Increasingly, a viewpoint that is gaining momentum is that America, especially the young, seems to be receding morally and ethically and in other ways.
I think it depends on how you look at it. If this was so, I don't think Indian students who have the choice of going anywhere in the world would choose the United States as the number one country to come to. People talk of a change of perception after 9/11, but the numbers still speak in favor of America. I travel a lot in the United States and visit a lot of universities as I enjoy not just meeting the presidents, counselors, and the faculty, but I enjoy interacting with the students. I find them to be a bright lot. I think they are from the finest educational institutions in the world. They are global leaders in terms of innovation and creative thinking.
I think sometimes people get unnecessarily disillusioned. Of course, [in] any country, specifically in free societies, where discourse, debate, and dissent are fundamental elements of the way we live, our own introspection can be very tough. But that's just the thing; that people do debate: Where are we headed? In most other societies, they don't have such a debate. They suffer from it, and we benefit from it. My reading [about America] is certainly not as negative. My impression is quite the reverse. With each bout of interesting introspection, you emerge, I think, much stronger; and I am confident that it will remain so.
The Bharatiya Pravasi Divas and the OCI (Overseas Citizen of India) are both very idealistic programs. From your projection, when will all this culminate in net gains for both India, the native country, and its global diaspora?
I think the process is already under way. India benefits immensely from the experiences and the intellectual capital of the Indian-American community, and also the exposure to, and direct knowledge of international best practices in various areas.
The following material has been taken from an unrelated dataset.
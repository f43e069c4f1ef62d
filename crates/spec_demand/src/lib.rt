#![tactic(auto)]

// The calls, the three demands and the proved cases: see specs/, and there Front.antt first.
But, particularly, I would single out two very dynamic aspects of India's heritage. The two strengths that are also reflected in the Indian-American communities, which we are just starting to explore again after a gap of some years, are: entrepreneurship and innovation. These two aspects can benefit us tremendously. This process is already under way and programs like the Bharatiya Sanman gatherings are basically meant to be sort of the catalyst to bring about this kind of interaction. It is not right to await this event just on an annual basis, because what happens in between these once-a-year events? Each one or each group can contribute in their respective areas, as I believe that the Indian-American community can contribute greatly because they are successful entrepreneurs. You have more than 5,000 members of faculty in top universities, numerous deans, provosts, and presidents, all brilliant members, in so many other areas ? physicians, lawyers, members within hospitality sectors can benefit their mother country without at all going against the interest of the country of adoption. As I said, to end, where I began, I do not see our long-term national interest diverging at any point in the foreseeable future.